So...to speculate: I _know_ that spam email is coming from an IP; I don't
necessarily know that the IP is officially associated with a given domain.
Sure, I could do a dig to see if the A record matches the IP, but blacklisting
an entire domain is a pretty draconian step. I need my blacklist to be
accurate, with a minimum of false positives, or its market value diminishes.
Adding domains based on IP association is going to be more likely to induce
false positives and increase the administrative overhead involved with my
blacklist, even if that overhead is mostly automated through "get me off this
blacklist" forms and the like. /speculation

As an aside, I've noticed that if a cloud provider recycles IPs (Digital
Ocean) the chances of pulling a blacklisted IP off the heap is pretty good. At
this point, even if all the server is doing is sending the occasional password
reset email to a handful of internal staffers, we run the email through
Mailgun. It just isn't worth dealing with the hassle of trying to get an IP
off a blacklist.

------
karmakaze
Why does the name 'Web Engineer' bother me in this context? It had taken me a
while just getting used to software engineer, even having a degree. Software
dev, especially application building is mostly combining pre-built libraries.
A web engineer is someone I would think drafted and refined the protocols and
technologies used by app devs. Anyone else have thoughts on this? Is engineer
== dev, STEM == STE*M now?

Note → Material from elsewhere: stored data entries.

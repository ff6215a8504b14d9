//! Which values a domain has: those that meet its unary tests.
ghost use Rattle.std.specs.Prelude.{◌≡◌, map, true};
ghost use Rattle.feel_text.specs.TestsView.{bound_view, test_view};
ghost use Rattle.feel_text.specs.View.{view};
ghost use Rattle.feel_value.specs.Datum.{Datum};
ghost use Rattle.feel_value.specs.Limits.{is_value};
ghost use Rattle.dmn_ranges.specs.Constraints.{standing as standing_of, standing_if as standing_if_of, between_ends as between_ends_of, shared as shared_of, numbers_and_texts as numbers_and_texts_of, compared_values as compared_values_of, between_values as between_values_of, equal_values as equal_values_of, alone as alone_of, test_values as test_values_of, with_test as with_test_of, any_values as any_values_of, is_of_null as is_of_null_of, or_null as or_null_of, has_null as has_null_of, anything_but as anything_but_of, domain_values};
ghost use Rattle.dmn_ranges.specs.Domains.{meets};
ghost use Rattle.dmn_ranges.specs.Ranges.{lies_in};

use crate::comparison::is_not_null;
use crate::expression::outcomes;
use crate::interval::{Interval, higher, lower};
use crate::names::Names;
use crate::range::{Range, both, either, every_number, joined};
use crate::size::Size;
use crate::texts::Texts;
use feel_text::{Bound, Test, Tests, TestsTree, Tree, high_end, low_end};
use std::alloc::Global;

/// The values of a domain that unary tests describe.
///
/// Each value that satisfies the tests lies in the range that is answered. A name in them stands for null.
#[tactic(auto, using(crate::proofs::SoundDomains::domain_sound))]
pub fn range_of_domain(alloc: Global, tests: &Tests) -> Range
    ensures { (d : Datum) → is_value d ≡ true → meets tests.now d ≡ true → lies_in result d ≡ true }
{
    values_of(alloc, tests)
}

// The numbers that stand so to some number of these.
fn standing(bound: Bound, numbers: Interval) -> Option<Interval>
    ensures { result ≡ standing_of (bound_view bound) numbers }
{
    let (least, most) = (-i64::MAX, i64::MAX);
    match bound {
        Bound::Below if least < numbers.high => Some(Interval {
            low: least,
            high: numbers.high - 1,
        }),
        Bound::AtMost => Some(Interval {
            low: least,
            high: numbers.high,
        }),
        Bound::Above if numbers.low < most => Some(Interval {
            low: numbers.low + 1,
            high: most,
        }),
        Bound::AtLeast => Some(Interval {
            low: numbers.low,
            high: most,
        }),
        Bound::Below | Bound::Above => None,
    }
}

fn standing_if(bound: Bound, numbers: Option<Interval>) -> Option<Interval>
    ensures { result ≡ standing_if_of (bound_view bound) numbers }
{
    match numbers {
        Some(numbers) => standing(bound, numbers),
        None => None,
    }
}

// The numbers between two, unless there are none.
fn between_ends(low: i64, high: i64) -> Option<Interval>
    ensures { result ≡ between_ends_of low high }
{
    if low <= high {
        Some(Interval { low, high })
    } else {
        None
    }
}

// The numbers that both have.
fn shared(x: Option<Interval>, y: Option<Interval>) -> Option<Interval>
    ensures { result ≡ shared_of x y }
{
    match (x, y) {
        (Some(x), Some(y)) => between_ends(higher(x.low, y.low), lower(x.high, y.high)),
        _ => None,
    }
}

// Numbers, and any text where this is said.
fn numbers_and_texts(numbers: Option<Interval>, texts: bool) -> Range
    ensures { result ≡ numbers_and_texts_of numbers texts }
{
    Range {
        nulls: false,
        trues: false,
        falses: false,
        numbers,
        texts: Texts::any_if(texts),
        lists: false,
        contexts: false,
        size: Size::none(),
    }
}

// The values that stand so to a value of the range.
fn compared_values(bound: Bound, range: Range) -> Range
    ensures { result ≡ compared_values_of (bound_view bound) range }
{
    numbers_and_texts(standing_if(bound, range.numbers), range.texts.is_some())
}

// The values that stand so to a value of either range.
fn between_values(above: Bound, low: Range, below: Bound, high: Range) -> Range
    ensures { result ≡ between_values_of (bound_view above) low (bound_view below) high }
{
    let numbers = shared(
        standing_if(above, low.numbers),
        standing_if(below, high.numbers),
    );
    numbers_and_texts(numbers, both(low.texts.is_some(), high.texts.is_some()))
}

// The values that are a value of the range, or a member of one.
fn equal_values(range: Range) -> Range
    ensures { result ≡ equal_values_of range }
{
    if either(range.lists, range.contexts) {
        Range::any()
    } else {
        range
    }
}

// What an expression can give in which each name stands for null.
fn alone(alloc: Global, expr: &Tree) -> Range
    ensures { result ≡ alone_of (view expr.now) }
{
    let names = Names::new(alloc);
    outcomes(expr, &names).range
}

// The values that satisfy a test.
fn test_values(alloc: Global, test: &Test) -> Range
    ensures { result ≡ test_values_of (test_view test.now) }
{
    match test {
        Test::Compares(bound, expr) => compared_values(*bound, alone(alloc, expr)),
        Test::Interval(closed_low, low, high, closed_high) => {
            let (above, below) = (low_end(*closed_low), high_end(*closed_high));
            between_values(above, alone(alloc, low), below, alone(alloc, high))
        }
        Test::Equals(expr) => equal_values(alone(alloc, expr)),
    }
}

// Those too that satisfy one test more.
fn with_test(alloc: Global, range: Range, test: &Test) -> Range
    ensures { result ≡ with_test_of range (test_view test.now) }
{
    joined(range, test_values(alloc, test))
}

// The values that satisfy one of the tests.
fn any_values(alloc: Global, tests: &[Test]) -> Range
    ensures { result ≡ any_values_of (map test_view tests.now) }
{
    let mut range = Range::nothing();
    for test in tests {
        range = with_test(alloc, range, test);
    }
    range
}

// Whether null is the only value that satisfies the test.
fn is_of_null(alloc: Global, test: &Test) -> bool
    ensures { result ≡ is_of_null_of (test_view test.now) }
{
    match test {
        Test::Equals(expr) => !is_not_null(alone(alloc, expr)),
        Test::Compares(_, _) | Test::Interval(_, _, _, _) => false,
    }
}

// Whether this is so, or null is the only value that satisfies one test more.
fn or_null(alloc: Global, null: bool, test: &Test) -> bool
    ensures { result ≡ or_null_of null (test_view test.now) }
{
    either(null, is_of_null(alloc, test))
}

// Whether null is the only value that satisfies some test.
fn has_null(alloc: Global, tests: &[Test]) -> bool
    ensures { result ≡ has_null_of (map test_view tests.now) }
{
    let mut null = false;
    for test in tests {
        null = or_null(alloc, null, test);
    }
    null
}

// Any value, but null where this is said.
fn anything_but(null: bool) -> Range
    ensures { result ≡ anything_but_of null }
{
    Range {
        nulls: !null,
        trues: true,
        falses: true,
        numbers: every_number(),
        texts: Texts::Any,
        lists: true,
        contexts: true,
        size: Size::any(),
    }
}

// The values that satisfy tests.
fn values_of(alloc: Global, tests: &Tests) -> Range
    ensures { result ≡ domain_values tests.now }
{
    match tests.tree() {
        TestsTree::Any => Range::any(),
        TestsTree::OneOf(tests) => any_values(alloc, tests),
        TestsTree::NoneOf(tests) => anything_but(has_null(alloc, tests)),
    }
}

UX engineer, marketing/growth engineer?

------
lifeisstillgood
The interesting one for me was measuring error rates (if your JS heavy web
page calls the server 100 times, if two users try to load and one gets 500
that should be 50% error rate but it looks like <1%

So it feels like a piece of JS that says I have seen everything that should
load load ok, then reports home with the page seems a good idea.

Probably quite doable - can JS see the network load like web developer tools ?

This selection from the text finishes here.